Em termos de contrapartidas, o Tesouro prevê que R$ 7 bilhões a R$ 10 bilhões serão destinados ao FEF, e montante semelhante deve ir para investimentos.
Segundo o secretário, as regras do programa dificultam o uso de subterfúgios para mascarar o uso do dinheiro para outras finalidades, prática conhecida como “troca de fontes”: os estados usam o alívio obtido para bancar investimentos já previstos, e o caixa que sobra financia outras despesas, como pessoal.

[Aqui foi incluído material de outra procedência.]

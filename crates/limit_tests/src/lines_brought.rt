// Tests of the text source, and of layers over it.
use crate::common::{answers, is_refused, page};
use sources::SourceAnswer::Batch;
use sources::{Fault, Present, Source, SourceAnswer};
use std::alloc::{AllocError, Global};
use std::test::Fail;
use text_source::{TextRefusal, TextSource, text_columns};

// Column counts, and the refusal's number, if there is one.
const COLUMNS: &[(usize, Option<u8>)] = &[
    (0, Some(16)),
    (1, None),
    (16, None),
    (17, Some(16)),
    (usize::MAX, Some(16)),
];

#[test]
fn columns(rt: HostRuntime) {
    for &(columns, number) in COLUMNS {
        let refused = text_columns(columns).err().map(TextRefusal::number);
        assert_eq!(rt; refused, number, "{}", columns);
    }
}

// A good line many times, and then a tail.
fn lines(heap: Global, times: usize, tail: &str) -> Result<Vec<u8>, AllocError> {
    let mut text = Vec::new(heap);
    for _ in 0..times {
        text.extend_from_slice(b"ABBA,0\n")?;
    }
    text.extend_from_slice(tail.as_bytes())?;
    Ok(text)
}

// A line with another number of cells, and one with a malformed cell.
const MISCOUNTED: SourceAnswer = SourceAnswer::Fault(Fault {
    cause: 17,
    depth: 0,
});

const MALFORMED: SourceAnswer = SourceAnswer::Fault(Fault {
    cause: 18,
    depth: 0,
});

// The same through two layers.
const MISCOUNTED_BELOW: SourceAnswer = SourceAnswer::Fault(Fault {
    cause: 17,
    depth: 2,
});

const MALFORMED_BELOW: SourceAnswer = SourceAnswer::Fault(Fault {
    cause: 18,
    depth: 2,
});

// Good lines, a tail behind them, and the answers.
const TEXTS: &[(usize, &str, &[SourceAnswer])] = &[
    (0, "", &[]),
    (1, "", &[Batch(1)]),
    (0, "A,1", &[Batch(1)]),
    (63, "", &[Batch(63)]),
    (64, "", &[Batch(64)]),
    (65, "", &[Batch(64), Batch(1)]),
    (128, "", &[Batch(64), Batch(64)]),
    (63, "A,1", &[Batch(64)]),
    (64, "A,1", &[Batch(64), Batch(1)]),
    (0, "\n", &[MISCOUNTED]),
    (0, "A\n+,1\n", &[MISCOUNTED, MALFORMED]),
    (63, "+,1\nA,1", &[Batch(63), MALFORMED, Batch(1)]),
    (64, "+,1\nA,1", &[Batch(64), MALFORMED, Batch(1)]),
    (65, "A,1,2", &[Batch(64), Batch(1), MISCOUNTED]),
    (
        1,
        "\n\nA,1\n",
        &[Batch(1), MISCOUNTED, MISCOUNTED, Batch(1)],
    ),
];

#[test]
fn texts(rt: HostRuntime) -> Result<(), Fail> {
    for &(times, tail, expected) in TEXTS {
        let text = lines(rt.alloc(), times, tail)?;
        let mut asked = page(rt.alloc(), 128)?;
        let mut short = page(rt.alloc(), 127)?;
        let columns = text_columns(2).map_err(TextRefusal::number)?;
        let mut source = TextSource::new(columns, text.as_slice());
        let right = is_refused(&mut source, short.as_mut_slice())
            && answers(&mut source, asked.as_mut_slice(), expected);
        assert!(rt; right, "{times} {tail:?}");
    }
    Ok(())
}

// The same below a layer over the artist and a layer over the start.
const LAYERS: &[(usize, &str, &[SourceAnswer])] = &[
    (65, "", &[Batch(64), Batch(1)]),
    (62, ",1\nA,\nA,1", &[Batch(62), Batch(1)]),
    (0, ",\n+,1\nA,1", &[Batch(0), MALFORMED_BELOW, Batch(1)]),
    (0, "A\n,1", &[MISCOUNTED_BELOW, Batch(0)]),
];

#[test]
fn layers(rt: HostRuntime) -> Result<(), Fail> {
    for &(times, tail, expected) in LAYERS {
        let text = lines(rt.alloc(), times, tail)?;
        let mut asked = page(rt.alloc(), 128)?;
        let columns = text_columns(2).map_err(TextRefusal::number)?;
        let below = Present::new(TextSource::new(columns, text.as_slice()), 0);
        let mut source = Present::new(below, 1);
        let right = answers(&mut source, asked.as_mut_slice(), expected);
        assert!(rt; right, "{times} {tail:?}");
    }
    Ok(())
}
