// Tests of pages, marks, the left table and sources at their limits (docs/RULES.md, "Pages", "The left table" and "Sources").
#![tactic(auto)]

#[cfg(test)]
mod common;
#[cfg(test)]
mod held;
#[cfg(test)]
mod lines_brought;
#[cfg(test)]
mod pages;
#[cfg(test)]
mod rows_brought;
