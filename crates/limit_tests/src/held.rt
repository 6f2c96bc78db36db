// Tests of the left table: how many columns, how many rows, how much memory.
use crate::common::page;
use cells::Full;
use std::test::Fail;
use tables::{Gathering, TableRefusal};

// Column counts, and the refusal's number, if there is one.
const BEGINS: &[(usize, Option<u8>)] = &[
    (0, Some(1)),
    (1, None),
    (2, None),
    (16, None),
    (17, Some(1)),
    (usize::MAX, Some(1)),
];

#[test]
fn begins(rt: HostRuntime) {
    for &(columns, number) in BEGINS {
        let right = match Gathering::begin(columns) {
            Ok(table) => number.is_none() && table.columns() == columns && table.rows() == 0,
            Err(refusal) => number == Some(refusal.number()),
        };
        assert!(rt; right, "{}", columns);
    }
}

// Columns, cells of memory, cells of each row; then how many rows are held, and the refusal of the next.
const ADDS: &[(usize, usize, usize, usize, u8)] = &[
    (1, 0, 1, 0, 3),
    (2, 1, 2, 0, 3),
    (2, 2, 2, 1, 3),
    (2, 5, 2, 2, 3),
    (2, 5, 1, 0, 2),
    (2, 5, 3, 0, 2),
    (2, 0, 0, 0, 2),
    (16, 63, 16, 3, 3),
    (1, 4095, 1, 4095, 3),
    (1, 4096, 1, 4096, 3),
    (1, 4097, 1, 4096, 3),
];

// Adds a row until it is refused; the refusal.
fn fill(table: &mut Gathering, memory: &mut [Full], row: &[Full]) -> Option<TableRefusal> {
    (0..5000).find_map(|_| table.add(memory, row).err())
}

#[test]
fn adds(rt: HostRuntime) -> Result<(), Fail> {
    let row = [Full::YesNo(true); 16];
    for &(columns, cells, length, rows, number) in ADDS {
        let mut memory = page(rt.alloc(), cells)?;
        let mut table = Gathering::begin(columns).map_err(TableRefusal::number)?;
        let refusal = fill(&mut table, memory.as_mut_slice(), &row[..length.min(16)]);
        let refused = refusal.map(TableRefusal::number);
        assert_eq!(rt; refused, Some(number), "{columns} {cells} {length}");
        assert_eq!(rt; table.rows(), rows, "{columns} {cells} {length}");
        let sealed = table.seal();
        assert_eq!(rt; sealed.rows(), rows, "{columns} {cells} {length}");
        assert_eq!(rt; sealed.columns(), columns, "{columns} {cells} {length}");
    }
    Ok(())
}
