// What several tests use: pages, and a source's answers compared with a list.
use cells::Cell;
use sources::{Source, SourceAnswer};
use std::alloc::{AllocError, Global};

// So many missing cells, of any kind.
pub(crate) fn page<C: Cell>(heap: Global, cells: usize) -> Result<Vec<C>, AllocError> {
    Ok(vec![in heap; C::missing_cell(); cells]?)
}

// Whether a source gives just these answers, and then the end, twice.
pub(crate) fn answers<S: Source>(
    source: &mut S,
    page: &mut [S::Cell],
    expected: &[SourceAnswer],
) -> bool {
    expected
        .iter()
        .chain(&[SourceAnswer::End; 2])
        .all(|&answer| source.ask(page) == Ok(answer))
}

// Whether a source refuses a page as too short.
pub(crate) fn is_refused<S: Source>(source: &mut S, page: &mut [S::Cell]) -> bool {
    source
        .ask(page)
        .is_err_and(|refusal| refusal.number() == 13)
}
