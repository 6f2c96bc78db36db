// Tests of the table source and of layers over it.
use crate::common::{answers, is_refused, page};
use cells::Place;
use sources::SourceAnswer::Batch;
use sources::{Present, ShapeRefusal, Source, SourceAnswer, TableShape, TableSource};
use std::test::Fail;

// Cells, columns, batch length, and the refusal's number, if there is one.
const SHAPES: &[(usize, usize, usize, Option<u8>)] = &[
    (0, 1, 1, None),
    (6, 2, 0, Some(14)),
    (6, 2, 1, None),
    (6, 2, 1024, None),
    (6, 2, 1025, Some(14)),
    (6, 0, 3, Some(16)),
    (6, 4, 3, Some(16)),
    (16, 16, 1, None),
    (17, 17, 1, Some(16)),
    (7, 2, 1, Some(16)),
    (7, 2, 0, Some(14)),
    (6, 0, 1025, Some(14)),
    (0, 0, 1, Some(16)),
];

#[test]
fn shapes(rt: HostRuntime) {
    for &(cells, columns, batch, number) in SHAPES {
        let refused = TableShape::check(cells, columns, batch)
            .err()
            .map(ShapeRefusal::number);
        assert_eq!(rt; refused, number, "{cells} {columns} {batch}");
    }
}

// Rows of one column, batch length, and the batches.
const CUTS: &[(usize, usize, &[SourceAnswer])] = &[
    (0, 4, &[]),
    (1, 4, &[Batch(1)]),
    (3, 4, &[Batch(3)]),
    (4, 4, &[Batch(4)]),
    (5, 4, &[Batch(4), Batch(1)]),
    (3, 1, &[Batch(1), Batch(1), Batch(1)]),
    (1023, 1024, &[Batch(1023)]),
    (1024, 1024, &[Batch(1024)]),
    (1025, 1024, &[Batch(1024), Batch(1)]),
    (2048, 1024, &[Batch(1024), Batch(1024)]),
];

#[test]
fn cuts(rt: HostRuntime) -> Result<(), Fail> {
    for &(rows, batch, expected) in CUTS {
        let cells: Vec<Place> = page(rt.alloc(), rows)?;
        let mut asked = page(rt.alloc(), 1024)?;
        let mut short = page(rt.alloc(), 1023)?;
        let shape = TableShape::check(rows, 1, batch)?;
        let mut source = TableSource::new(shape, cells.as_slice());
        let right = is_refused(&mut source, short.as_mut_slice())
            && answers(&mut source, asked.as_mut_slice(), expected);
        assert!(rt; right, "{rows} {batch}");
    }
    Ok(())
}

const M: Place = Place::Missing;

const N: Place = Place::Row(7);

// Cells of rows of two columns, in batches of two; a layer over column 0 and one over another column.
const LAYERS: &[(&[Place], usize, &[SourceAnswer])] = &[
    (&[N, N, N, N, N, N], 1, &[Batch(2), Batch(1)]),
    (&[N, N, M, N, N, N], 1, &[Batch(1), Batch(1)]),
    (&[N, M, M, N, N, N], 1, &[Batch(0), Batch(1)]),
    (&[M, M, M, M, M, M], 1, &[Batch(0), Batch(0)]),
    (&[N, N, N, N], 2, &[Batch(0)]),
    (&[N, N, N, N], usize::MAX, &[Batch(0)]),
    (&[], 1, &[]),
];

#[test]
fn layers(rt: HostRuntime) -> Result<(), Fail> {
    for &(cells, column, expected) in LAYERS {
        let mut asked = page(rt.alloc(), 2048)?;
        let shape = TableShape::check(cells.len(), 2, 2)?;
        let below = Present::new(TableSource::new(shape, cells), 0);
        let mut source = Present::new(below, column);
        let right = answers(&mut source, asked.as_mut_slice(), expected);
        assert!(rt; right, "{} {column}", cells.len());
    }
    Ok(())
}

Ceron disse que os estados precisarão criar fundos para aplicar os recursos poupados, para facilitar o rastreamento das despesas. O processo também deverá ser acompanhado pelo TCE (Tribunal de Contas do Estado). Além disso, ele citou que os valores das obrigações serão expressivos. “É difícil imaginar um caso relevante de burla”, disse.
Quatro estados respondem, sozinhos, por 90% da dívida com a União: São Paulo, Minas Gerais, Rio de Janeiro e Rio Grande do Sul. Eles são os principais interessados na adesão ao Propag e aguardam a apreciação dos vetos presidenciais, que barraram algumas vantagens adicionais no programa, para decidir sobre a adesão.